- Sparta Mountains Location within New Jersey

Highest point
- Elevation: 1,230 ft (370 m) NGVD 29

Geography
- Country: United States
- State: New Jersey
- Counties: Sussex
- Range coordinates: 41°02.35′N 74°37.00′W﻿ / ﻿41.03917°N 74.61667°W
- Parent range: New York–New Jersey Highlands; New England province; Appalachian Highlands;
- Borders on: Sparta Valley
- Topo map: USGS Franklin
- Biome: Eastern Temperate Forests (Level I); Northern Forests (Level II); Northeastern Highlands (Level III);

Geology
- Orogeny: Grenville orogeny
- Rock age: Stenian period of the Mesoproterozoic era
- Rock types: Crystalline metamorphic rock and gneiss

= Sparta Mountains =

Mountain range in Sussex County, New Jersey

The Sparta Mountains are a range of the New York-New Jersey Highlands region of the Appalachian Mountains. The summit, reaching a height of 1,230 feet (375 metres), lies within Sussex County, New Jersey.

==Geography==
The Sparta Mountains are bordered by the Sparta Valley to the north-west, drained by the Wallkill River.

==Geology==
The Sparta Mountains are part of the Reading Prong of the New England Upland subprovince of the New England province of the Appalachian Highlands.

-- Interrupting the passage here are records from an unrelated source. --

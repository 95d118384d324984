//! The sessions of one buffer.
ghost use Rattle.std.specs.Prelude.{◌≡◌, ◌==◌, ◌∷◌, [], not, length, MatchResult, IfOk, OnOk, OnErr};
ghost use Rattle.nv_subs.specs.Attachments.{AreRising, is_session_of, with_session, without_session};
ghost use Rattle.nv_subs.specs.inside.Places.{IsGapAmong, IsPlaceAmong};

use std::alloc::{AllocError, Global};
use std::marker::Model;

/// Numbers of sessions, in rising order.
#[derive(Drop)]
pub struct Sessions {
    numbers: Vec<u64>,
}

impl Model for Sessions {
    ghost use Rattle.std.specs.Prelude.{List, ℕ};
    ghost use Rattle.nv_subs.specs.Attachments.{AreRising};

    ghost Value = { List ℕ };

    ghost view = { λ s. s.numbers.items };

    ghost invariant = { λ s. AreRising s.numbers.items };
}

// The place at which a session stands among others in rising order, or else would stand.
fn place_of(numbers: &[u64], session: u64) -> Result<usize, usize>
    requires { AreRising numbers.now }
    ensures { MatchResult result (IsPlaceAmong numbers.now session)
        (IsGapAmong numbers.now session) }
{
    numbers.binary_search(&session)
}

impl Sessions {
    /// One session.
    pub fn of_one(alloc: Global, session: u64) -> Result<Sessions, AllocError>
        ensures { IfOk result (λ sessions. sessions ≡ session ∷ []) }
    {
        let numbers = vec![in alloc; session]?;
        Ok(Sessions { numbers })
    }

    /// Whether there is none.
    pub fn is_empty(&self) -> bool
        ensures { result ≡ (length self.now == 0) }
    {
        self.numbers.is_empty()
    }

    /// All of them, lent.
    pub fn as_slice(&self) -> &[u64]
        ensures value { result.now ≡ self.now }
        ensures rising { AreRising result.now }
    {
        self.numbers.as_slice()
    }

    /// Adds a session. `false` exactly where it was there.
    pub fn add(&mut self, session: u64) -> Result<bool, AllocError>
        ensures ok { OnOk result (self.new ≡ with_session session self.old) }
        ensures added { IfOk result (λ added. added ≡ not (is_session_of self.old session)) }
        ensures err { OnErr result (self.new ≡ self.old) }
    {
        match place_of(&self.numbers, session) {
            Ok(_) => Ok(false),
            Err(place) => {
                self.numbers.insert(place, session)?;
                Ok(true)
            }
        }
    }

    /// Takes a session out. `false` exactly where it wasn't there.
    pub fn remove(&mut self, session: u64) -> bool
        ensures value { self.new ≡ without_session session self.old }
        ensures removed { result ≡ is_session_of self.old session }
    {
        match place_of(&self.numbers, session) {
            Ok(place) => {
                self.numbers.remove(place);
                true
            }
            Err(_) => false,
        }
    }
}
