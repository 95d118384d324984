// The value, while one pass holds the turn.
ghost use Rattle.std.specs.Prelude.{◌≡◌, List, Some};
ghost use Rattle.nv_turn.specs.Story.{AddsOneAtMost};
ghost use Rattle.nv_turn.specs.Passes.{IsSamePass};

use crate::pass::Pass;
use crate::story::Story;
use crate::turn::Turn;
use crate::view::View;
use atomic_table::Seat;
use std::marker::Model;

/// The value in hand, and the pass that holds it. It can't be dropped: `leave` takes it.
pub struct Held<'a, T: Story> {
    pub(crate) turn: &'a Turn<T>,
    pub(crate) seat: Seat<Option<T>, View<T::Entry, T::Start>>,
    pub(crate) value: T,
    pub(crate) number: u32,
    pub(crate) count: u64,
}

impl<'a, T: Story> Model for Held<'a, T> {
    ghost use Rattle.std.specs.Prelude.{◌≡◌};
    ghost use Rattle.nv_turn.specs.Passes.{HeldState};
    ghost use Rattle.nv_turn.specs.inside.Seats.{pass_of, IsHolder};

    ghost Value = { HeldState T T.Entry T.Start };

    ghost view = { λ h. record {
      value = h.value;
      pass = pass_of h.seat.table_id h.number h.seat.me.0;
    } };

    ghost invariant = { λ h. (h.seat.table_id ≡ h.turn.now.turn)
        × IsHolder h.seat.me h.number h.count };
}

impl<'a, T: Story> Held<'a, T> {
    /// The number of the pass, which a new entry has to have.
    pub fn number(&self) -> u32
        ensures { result ≡ self.now.pass.number }
    {
        self.number
    }

    /// Gives the turn back. The value may have gained one entry of this number, and must not have
    /// changed its start.
    pub fn leave<R>(self, _rt: &R) -> Pass<T>
        requires start { self.pass.start ≡ Some (T.start self.value) }
        requires story { (later : List T.Entry)
            × AddsOneAtMost T.caller self.pass.number self.pass.seen later
            × T.stands self.value later }
        ensures pass { IsSamePass self.entry.pass result }
        ensures seen { (later : List T.Entry)
            → AddsOneAtMost T.caller self.entry.pass.number self.entry.pass.seen later
            → T.stands self.entry.value later → result.seen ≡ later }
    {
        let Held {
            turn,
            mut seat,
            value,
            number,
            count,
        } = self;
        let told = value.told();
        let back = turn.table.shared.exchange(&mut seat, 0, Some(value));
        let None = back else { unreachable!() };
        if told > count {
            turn.add(seat, number, told)
        } else {
            turn.give(seat, number, count)
        }
    }
}
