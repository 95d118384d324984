// The loan of the value in hand. It stands apart, since its clause names the type that it lends
// from.
ghost use Rattle.std.specs.Prelude.{◌≡◌, []};
ghost use Rattle.std.specs.Borrow.{sem, follows};
ghost use mir.Syntax.{named};
ghost use Rattle.nv_turn.specs.contracts.held.Held.{the_row};
ghost use Rattle.nv_turn.specs.Lending.{with_value};

use crate::held::Held;
use crate::story::Story;

impl<'a, T: Story> Held<'a, T> {
    /// The value, for the holder to read and change.
    pub fn value(&mut self) -> &mut T
        ensures* writes_back { sem 𝓛 (follows
            (the_row (record { mir = named 1; lft = [] }) T.row T.Entry.row T.Start.row T.Story)
            T.row self.entry.ghost_name result.ghost_name (with_value self.old)) }
        ensures value { result.now ≡ self.old.value }
    {
        &mut self.value
    }
}
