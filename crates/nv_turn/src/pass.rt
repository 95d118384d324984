// What lets a thread in, and says what it has seen.
ghost use Rattle.std.specs.Prelude.{◌≡◌, length};

use crate::story::Story;
use crate::view::View;
use atomic_table::Seat;
use std::marker::Model;

/// The right to come in at one turn, under one number. It says which beginning of the story was
/// seen.
///
/// A pass may be dropped. Its turn can then never be closed, since that needs the numbers of all
/// passes.
#[derive(Drop)]
pub struct Pass<T: Story> {
    pub(crate) seat: Seat<Option<T>, View<T::Entry, T::Start>>,
    pub(crate) number: u32,
    pub(crate) count: u64,
}

impl<T: Story> Model for Pass<T> {
    ghost use Rattle.nv_turn.specs.Passes.{PassState};
    ghost use Rattle.nv_turn.specs.inside.Seats.{pass_of, IsAtRest};

    ghost Value = { PassState T.Entry T.Start };

    ghost view = { λ p. pass_of p.seat.table_id p.number p.seat.me.0 };

    ghost invariant = { λ p. IsAtRest p.seat.me p.number p.count };
}

impl<T: Story> Pass<T> {
    /// The number that entries of this pass have: 1 for the first pass of a turn, and so on.
    /// A pass that others were joined into keeps its own.
    pub fn number(&self) -> u32
        ensures { result ≡ self.now.number }
    {
        self.number
    }

    /// How many entries of the story the pass has seen.
    pub fn seen(&self) -> u64
        ensures { result ≡ length self.now.seen }
    {
        self.count
    }
}
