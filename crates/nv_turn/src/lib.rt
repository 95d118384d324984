//! One value behind a lock that tells one story.
//!
//! A `Turn` has a value whose meaning is a list of entries, its story. A thread comes in by a
//! `Pass`, which it trades for a `Held`, the value in hand, and gets back by `Held::leave`. While
//! it holds the value it may add one entry, with its own number. What a pass has seen is a
//! beginning of the story, and its own entries stand there in the order in which it added them.
//! Passes that are joined have seen beginnings of one story.
//!
//! Nothing is said of time: not who comes next, and not that a call which waits returns.
#![tactic(auto)]

mod held;
mod make;
mod pass;
mod plays;
mod rule;
mod story;
mod turn;
mod value;
mod view;

pub use held::Held;
pub use make::take_pass;
pub use pass::Pass;
pub use story::Story;
pub use turn::Turn;
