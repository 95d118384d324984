// How a turn and its passes are made.
ghost use Rattle.std.specs.Prelude.{◌≡◌, ℕ, ◌+◌, ◌-◌, ◌<◌, ◌≤◌, true, false, [], ◌∷◌, IfOk, IfErr, Option, Some, vec_len, vec_capacity};
ghost use Rattle.nv_turn.specs.Passes.{TurnId, first_passes, first_pass};
ghost use Rattle.nv_turn.specs.inside.Seats.{IsAtRest, pass_of};

use crate::pass::Pass;
use crate::plays::{Another, Draw};
use crate::rule::Key;
use crate::story::Story;
use crate::turn::Turn;
use crate::view::View;
use atomic_table::{Refused, Seat, Table};
use std::alloc::{AllocError, Global};
use std::snapshot::Snapshot;
use std::sync::atomic::AtomicU64;

impl<T: Story> Turn<T> {
    /// Puts a value whose story is empty behind a lock, and makes passes with the numbers from 1
    /// on. Where there is no memory the value comes back.
    pub fn make(
        alloc: Global,
        value: T,
        passes: u32,
    ) -> Result<(Turn<T>, Vec<Pass<T>>), (T, AllocError)>
        requires empty { T.stands value [] }
        requires passes { (0 < passes) × (passes ≤ 512) }
        ensures turn { IfOk result (λ r. r.0.passes ≡ passes) }
        ensures passes { IfOk result (λ r. r.1.items
            ≡ first_passes r.0.turn (Some (T.start value)) passes) }
        ensures count { IfOk result (λ r. vec_len r.1 ≡ passes) }
        ensures err { IfErr result (λ e. e.0 ≡ value) }
    {
        let Ok(room) = Vec::with_capacity(alloc, passes as usize) else {
            return Err((value, AllocError));
        };
        let key = Key {
            value: Snapshot::of(&value),
            passes: u64::from(passes),
        };
        let slots = one_slot(alloc, value)?;
        match Table::new(alloc, &[0, 0, 1], slots, &key) {
            Ok((table, seat)) => {
                let turn = Turn {
                    table,
                    for_turn: AtomicU64::new(0),
                    for_entry: AtomicU64::new(0),
                    busy: AtomicU64::new(0),
                };
                let dealt = turn.deal(seat, passes, room);
                Ok((turn, dealt))
            }
            Err(Refused { slots }) => Err((out_of_slot(slots), AllocError)),
        }
    }

    // Draws the numbers, each by a seat that was split from the one before.
    fn deal(
        &self,
        seat: Seat<Option<T>, View<T::Entry, T::Start>>,
        passes: u32,
        mut room: Vec<Pass<T>>,
    ) -> Vec<Pass<T>>
        requires turn { seat.table_id ≡ self.now.turn }
        requires passes { (0 < passes) × (passes ≤ 512) × (passes ≡ self.now.passes) }
        requires room { (room.items ≡ []) × (vec_len room ≡ 0) × (vec_capacity room ≡ passes) }
        requires seat { (seat.me.1 ≡ []) × (seat.me.0.holds ≡ false) × (seat.me.0.due ≡ 1)
            × (seat.me.0.notes ≡ []) }
        ensures passes { result.items ≡ first_passes self.now.turn seat.me.0.start passes }
        ensures count { vec_len result ≡ passes }
    {
        let shared = &self.table.shared;
        let mut seat = seat;
        for number in 1..passes {
            shared.fetch_add::<Draw>(&mut seat, 2, 1);
            let next = shared.split_seat::<Another>(&mut seat);
            room.push_reserved(Pass {
                seat,
                number,
                count: 0,
            });
            seat = next;
        }
        shared.fetch_add::<Draw>(&mut seat, 2, 1);
        room.push_reserved(Pass {
            seat,
            number: passes,
            count: 0,
        });
        room
    }
}

fn one_slot<T>(alloc: Global, value: T) -> Result<Vec<Option<T>>, (T, AllocError)>
    ensures ok { IfOk result (λ v. v.items ≡ Some value ∷ []) }
    ensures err { IfErr result (λ e. e.0 ≡ value) }
{
    let Ok(mut slots) = Vec::with_capacity(alloc, 1) else {
        return Err((value, AllocError));
    };
    slots.push_reserved(Some(value));
    Ok(slots)
}

fn out_of_slot<T>(mut slots: Vec<Option<T>>) -> T
    requires { (y : T) × (slots.items ≡ Some y ∷ []) }
    ensures { slots.items ≡ Some result ∷ [] }
{
    let Some(Some(value)) = slots.pop() else {
        unreachable!()
    };
    slots.destroy_empty();
    value
}

/// Takes the last of the passes that `make` gave, which has the highest number.
pub fn take_pass<T: Story>(passes: &mut Vec<Pass<T>>) -> Pass<T>
    requires { 0 < vec_len passes.old }
    ensures pass { (turn : TurnId) (start : Option T.Start) (n : ℕ)
        → passes.old.items ≡ first_passes turn start n → result ≡ first_pass turn start n }
    ensures others { (turn : TurnId) (start : Option T.Start) (n : ℕ)
        → passes.old.items ≡ first_passes turn start n
        → passes.new.items ≡ first_passes turn start (n - 1) }
    ensures count { vec_len passes.new + 1 ≡ vec_len passes.old }
{
    let Some(pass) = passes.pop() else {
        unreachable!()
    };
    pass
}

The rocks that form the Sparta Mountains are from the same belt as those that make up other mountains near-by. This belt, i.e. the Reading Prong, consists of ancient crystalline metamorphic rocks. The New England province as a whole, along with the Blue Ridge province further south, are often together referred to as the Crystalline Appalachians. The Crystalline Appalachians extend as far north as the Green Mountains of Vermont and as far south as the Blue Ridge Mountains, although a portion of the belt remains below the Earth's surface through part of Pennsylvania. The Crystalline Appalachians are distinct from the parallel Sedimentary Appalachians which run from Georgia to New York. The Kittatinny Mountains are representative of these sedimentary formations.